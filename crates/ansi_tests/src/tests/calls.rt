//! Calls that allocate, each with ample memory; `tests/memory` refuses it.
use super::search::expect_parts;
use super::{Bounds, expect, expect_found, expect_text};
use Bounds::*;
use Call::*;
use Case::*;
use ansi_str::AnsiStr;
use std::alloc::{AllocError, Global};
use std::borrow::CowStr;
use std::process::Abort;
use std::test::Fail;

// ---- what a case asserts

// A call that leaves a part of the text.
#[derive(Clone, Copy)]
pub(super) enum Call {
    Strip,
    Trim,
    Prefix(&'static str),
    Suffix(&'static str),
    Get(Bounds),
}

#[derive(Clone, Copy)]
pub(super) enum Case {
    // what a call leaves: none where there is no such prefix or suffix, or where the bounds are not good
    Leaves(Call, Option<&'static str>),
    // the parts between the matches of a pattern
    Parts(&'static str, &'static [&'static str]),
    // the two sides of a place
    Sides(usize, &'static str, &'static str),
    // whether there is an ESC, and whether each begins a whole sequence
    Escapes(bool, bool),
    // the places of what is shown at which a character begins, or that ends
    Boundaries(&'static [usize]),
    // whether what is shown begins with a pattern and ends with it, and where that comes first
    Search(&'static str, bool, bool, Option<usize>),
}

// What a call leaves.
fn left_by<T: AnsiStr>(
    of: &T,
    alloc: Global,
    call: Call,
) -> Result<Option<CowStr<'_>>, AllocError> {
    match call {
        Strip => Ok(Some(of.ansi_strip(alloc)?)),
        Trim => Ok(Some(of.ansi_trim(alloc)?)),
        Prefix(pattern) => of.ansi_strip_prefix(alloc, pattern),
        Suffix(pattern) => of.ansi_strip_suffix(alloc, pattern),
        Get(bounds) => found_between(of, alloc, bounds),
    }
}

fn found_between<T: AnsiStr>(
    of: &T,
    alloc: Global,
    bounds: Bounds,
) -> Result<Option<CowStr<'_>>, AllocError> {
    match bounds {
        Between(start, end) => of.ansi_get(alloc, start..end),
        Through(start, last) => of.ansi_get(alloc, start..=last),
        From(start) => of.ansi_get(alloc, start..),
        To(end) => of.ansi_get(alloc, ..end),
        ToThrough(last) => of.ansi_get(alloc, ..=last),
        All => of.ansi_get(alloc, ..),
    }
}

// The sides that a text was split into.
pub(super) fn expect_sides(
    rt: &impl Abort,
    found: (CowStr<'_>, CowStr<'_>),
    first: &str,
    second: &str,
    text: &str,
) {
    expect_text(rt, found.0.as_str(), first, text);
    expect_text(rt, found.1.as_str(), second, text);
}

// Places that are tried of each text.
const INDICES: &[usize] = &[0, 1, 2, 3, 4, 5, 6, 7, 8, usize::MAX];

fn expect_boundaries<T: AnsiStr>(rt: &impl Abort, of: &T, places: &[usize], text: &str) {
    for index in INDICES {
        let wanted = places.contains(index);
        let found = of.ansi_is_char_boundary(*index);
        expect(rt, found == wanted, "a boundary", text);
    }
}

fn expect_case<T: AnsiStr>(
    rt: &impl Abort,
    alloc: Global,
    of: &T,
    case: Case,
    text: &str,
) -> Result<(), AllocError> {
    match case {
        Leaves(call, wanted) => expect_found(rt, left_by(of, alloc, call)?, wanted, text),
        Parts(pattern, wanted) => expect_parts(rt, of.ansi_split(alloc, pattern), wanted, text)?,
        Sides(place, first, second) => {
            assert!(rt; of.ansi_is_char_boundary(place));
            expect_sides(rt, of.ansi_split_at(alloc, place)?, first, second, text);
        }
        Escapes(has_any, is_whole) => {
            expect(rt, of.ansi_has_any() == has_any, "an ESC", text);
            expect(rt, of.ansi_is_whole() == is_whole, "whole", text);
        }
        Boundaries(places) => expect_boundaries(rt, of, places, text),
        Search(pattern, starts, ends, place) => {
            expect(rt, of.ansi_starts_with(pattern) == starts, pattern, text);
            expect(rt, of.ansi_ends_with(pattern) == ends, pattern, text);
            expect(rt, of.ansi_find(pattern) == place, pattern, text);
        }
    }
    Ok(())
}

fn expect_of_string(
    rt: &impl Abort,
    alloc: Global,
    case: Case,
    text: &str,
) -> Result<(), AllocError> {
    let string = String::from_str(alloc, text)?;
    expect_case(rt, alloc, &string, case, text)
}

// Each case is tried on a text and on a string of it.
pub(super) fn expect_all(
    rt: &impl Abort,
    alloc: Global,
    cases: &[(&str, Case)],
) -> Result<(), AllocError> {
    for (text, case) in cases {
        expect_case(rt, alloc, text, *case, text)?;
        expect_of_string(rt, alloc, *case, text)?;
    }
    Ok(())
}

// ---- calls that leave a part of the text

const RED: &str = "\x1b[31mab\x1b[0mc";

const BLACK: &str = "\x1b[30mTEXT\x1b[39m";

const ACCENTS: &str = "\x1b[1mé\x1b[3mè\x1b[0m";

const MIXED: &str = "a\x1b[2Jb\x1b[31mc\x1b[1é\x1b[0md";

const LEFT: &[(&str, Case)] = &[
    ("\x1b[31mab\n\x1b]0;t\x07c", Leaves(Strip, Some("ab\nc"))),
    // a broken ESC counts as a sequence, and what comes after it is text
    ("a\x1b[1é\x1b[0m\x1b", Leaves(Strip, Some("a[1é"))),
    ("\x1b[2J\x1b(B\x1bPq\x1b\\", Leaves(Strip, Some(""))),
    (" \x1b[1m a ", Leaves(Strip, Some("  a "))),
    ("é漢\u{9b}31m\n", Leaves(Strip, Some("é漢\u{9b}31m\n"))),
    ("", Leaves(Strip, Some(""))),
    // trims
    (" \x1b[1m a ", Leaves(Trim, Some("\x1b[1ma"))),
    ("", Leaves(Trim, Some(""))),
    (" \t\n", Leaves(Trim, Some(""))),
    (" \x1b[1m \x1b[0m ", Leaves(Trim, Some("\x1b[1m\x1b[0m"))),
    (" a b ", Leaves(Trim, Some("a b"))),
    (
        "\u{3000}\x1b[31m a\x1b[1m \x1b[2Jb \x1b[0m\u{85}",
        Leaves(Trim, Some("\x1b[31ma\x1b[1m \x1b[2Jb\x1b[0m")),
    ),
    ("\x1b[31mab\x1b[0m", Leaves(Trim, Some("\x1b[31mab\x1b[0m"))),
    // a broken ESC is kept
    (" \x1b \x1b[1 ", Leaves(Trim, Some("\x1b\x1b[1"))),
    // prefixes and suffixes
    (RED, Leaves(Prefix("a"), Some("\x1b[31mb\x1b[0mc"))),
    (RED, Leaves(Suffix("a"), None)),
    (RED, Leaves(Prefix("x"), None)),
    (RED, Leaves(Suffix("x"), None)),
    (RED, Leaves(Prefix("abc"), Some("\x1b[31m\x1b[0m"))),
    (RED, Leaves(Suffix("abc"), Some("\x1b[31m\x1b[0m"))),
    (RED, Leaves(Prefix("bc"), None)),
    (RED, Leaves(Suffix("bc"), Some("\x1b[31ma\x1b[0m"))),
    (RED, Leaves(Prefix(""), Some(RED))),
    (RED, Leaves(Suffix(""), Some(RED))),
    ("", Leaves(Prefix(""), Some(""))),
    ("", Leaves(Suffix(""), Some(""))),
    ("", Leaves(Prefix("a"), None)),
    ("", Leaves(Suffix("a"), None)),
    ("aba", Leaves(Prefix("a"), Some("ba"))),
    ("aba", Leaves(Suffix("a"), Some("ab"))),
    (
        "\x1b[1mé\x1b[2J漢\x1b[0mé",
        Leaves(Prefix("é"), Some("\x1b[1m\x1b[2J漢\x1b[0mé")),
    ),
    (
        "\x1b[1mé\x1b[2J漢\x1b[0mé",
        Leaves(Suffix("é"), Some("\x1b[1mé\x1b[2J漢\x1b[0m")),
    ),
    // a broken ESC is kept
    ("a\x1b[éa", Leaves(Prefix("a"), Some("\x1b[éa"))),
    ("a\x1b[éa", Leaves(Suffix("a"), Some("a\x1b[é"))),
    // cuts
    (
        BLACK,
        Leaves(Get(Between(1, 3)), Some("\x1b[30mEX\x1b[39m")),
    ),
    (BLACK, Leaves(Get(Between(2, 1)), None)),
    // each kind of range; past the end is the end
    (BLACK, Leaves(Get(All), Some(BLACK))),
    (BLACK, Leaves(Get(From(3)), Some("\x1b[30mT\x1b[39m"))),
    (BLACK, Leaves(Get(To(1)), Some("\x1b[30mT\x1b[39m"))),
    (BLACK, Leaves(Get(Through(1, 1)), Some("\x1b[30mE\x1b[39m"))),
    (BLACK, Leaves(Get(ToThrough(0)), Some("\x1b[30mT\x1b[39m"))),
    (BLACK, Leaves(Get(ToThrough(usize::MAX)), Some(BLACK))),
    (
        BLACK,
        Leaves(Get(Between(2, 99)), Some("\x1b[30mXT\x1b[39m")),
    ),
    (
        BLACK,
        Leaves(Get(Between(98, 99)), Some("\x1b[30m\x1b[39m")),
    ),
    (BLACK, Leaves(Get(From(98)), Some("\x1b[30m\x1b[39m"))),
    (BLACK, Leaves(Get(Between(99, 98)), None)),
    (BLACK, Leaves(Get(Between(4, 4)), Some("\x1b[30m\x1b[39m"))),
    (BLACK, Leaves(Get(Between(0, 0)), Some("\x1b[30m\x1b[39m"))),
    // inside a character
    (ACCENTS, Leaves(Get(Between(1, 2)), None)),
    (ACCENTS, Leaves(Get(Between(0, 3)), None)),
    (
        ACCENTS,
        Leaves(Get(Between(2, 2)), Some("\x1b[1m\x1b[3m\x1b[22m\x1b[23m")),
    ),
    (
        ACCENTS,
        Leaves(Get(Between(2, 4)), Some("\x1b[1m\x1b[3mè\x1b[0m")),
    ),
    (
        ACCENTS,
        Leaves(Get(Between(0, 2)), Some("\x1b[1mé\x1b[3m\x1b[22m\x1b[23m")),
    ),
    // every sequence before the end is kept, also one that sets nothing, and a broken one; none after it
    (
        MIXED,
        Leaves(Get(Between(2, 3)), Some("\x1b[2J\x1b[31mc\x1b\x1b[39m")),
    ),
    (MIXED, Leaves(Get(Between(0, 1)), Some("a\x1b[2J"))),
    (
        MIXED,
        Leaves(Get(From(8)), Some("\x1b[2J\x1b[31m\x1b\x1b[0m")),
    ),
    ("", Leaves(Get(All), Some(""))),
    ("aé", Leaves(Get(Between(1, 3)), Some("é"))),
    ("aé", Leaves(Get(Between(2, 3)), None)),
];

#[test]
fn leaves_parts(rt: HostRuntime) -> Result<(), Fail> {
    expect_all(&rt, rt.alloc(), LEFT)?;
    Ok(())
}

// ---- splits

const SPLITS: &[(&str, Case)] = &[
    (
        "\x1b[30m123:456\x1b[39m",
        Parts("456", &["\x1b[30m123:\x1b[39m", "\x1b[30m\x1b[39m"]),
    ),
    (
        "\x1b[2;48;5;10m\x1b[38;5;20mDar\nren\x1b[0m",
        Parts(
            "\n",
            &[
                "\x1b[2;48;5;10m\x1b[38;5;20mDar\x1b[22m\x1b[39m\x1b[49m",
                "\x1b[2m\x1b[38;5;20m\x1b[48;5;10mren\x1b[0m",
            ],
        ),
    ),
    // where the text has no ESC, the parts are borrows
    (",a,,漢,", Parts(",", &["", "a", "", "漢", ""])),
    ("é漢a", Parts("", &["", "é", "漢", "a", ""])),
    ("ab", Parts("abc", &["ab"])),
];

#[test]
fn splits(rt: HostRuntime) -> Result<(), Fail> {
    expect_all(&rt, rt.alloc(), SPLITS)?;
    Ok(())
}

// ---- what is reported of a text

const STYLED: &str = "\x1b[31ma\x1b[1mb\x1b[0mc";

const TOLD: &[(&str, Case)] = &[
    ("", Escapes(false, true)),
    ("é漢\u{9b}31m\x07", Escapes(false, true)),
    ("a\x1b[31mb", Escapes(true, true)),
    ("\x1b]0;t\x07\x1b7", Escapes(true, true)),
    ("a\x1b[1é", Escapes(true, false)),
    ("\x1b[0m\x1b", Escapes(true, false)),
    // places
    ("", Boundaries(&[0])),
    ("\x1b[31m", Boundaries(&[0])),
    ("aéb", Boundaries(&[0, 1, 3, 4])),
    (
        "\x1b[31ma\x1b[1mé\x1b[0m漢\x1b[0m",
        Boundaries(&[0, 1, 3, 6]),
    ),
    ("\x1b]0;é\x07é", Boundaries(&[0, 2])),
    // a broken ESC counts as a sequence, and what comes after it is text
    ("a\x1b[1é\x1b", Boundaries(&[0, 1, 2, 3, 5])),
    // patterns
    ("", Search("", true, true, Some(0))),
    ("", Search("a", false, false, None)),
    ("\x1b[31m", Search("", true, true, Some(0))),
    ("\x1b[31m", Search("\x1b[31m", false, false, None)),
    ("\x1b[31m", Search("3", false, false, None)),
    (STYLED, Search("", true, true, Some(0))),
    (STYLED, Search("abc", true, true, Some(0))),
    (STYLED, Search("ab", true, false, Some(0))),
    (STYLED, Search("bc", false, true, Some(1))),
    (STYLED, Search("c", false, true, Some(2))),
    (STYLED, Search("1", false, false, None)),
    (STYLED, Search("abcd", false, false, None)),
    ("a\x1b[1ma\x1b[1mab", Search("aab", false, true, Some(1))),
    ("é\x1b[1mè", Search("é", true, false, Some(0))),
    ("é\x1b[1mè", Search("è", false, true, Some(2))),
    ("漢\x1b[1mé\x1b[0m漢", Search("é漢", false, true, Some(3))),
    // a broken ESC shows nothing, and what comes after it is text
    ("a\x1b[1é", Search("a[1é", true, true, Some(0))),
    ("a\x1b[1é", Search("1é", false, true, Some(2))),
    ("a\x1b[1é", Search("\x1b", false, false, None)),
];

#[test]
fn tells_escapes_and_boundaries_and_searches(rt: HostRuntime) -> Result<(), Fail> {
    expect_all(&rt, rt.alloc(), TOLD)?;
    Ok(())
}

EXERCISE PROMPT.
From the entries above, return each line with the word "index" in it.

OUTPUT FOR THIS EXERCISE.
    for index in INDICES {
        let wanted = places.contains(index);
        let found = of.ansi_is_char_boundary(*index);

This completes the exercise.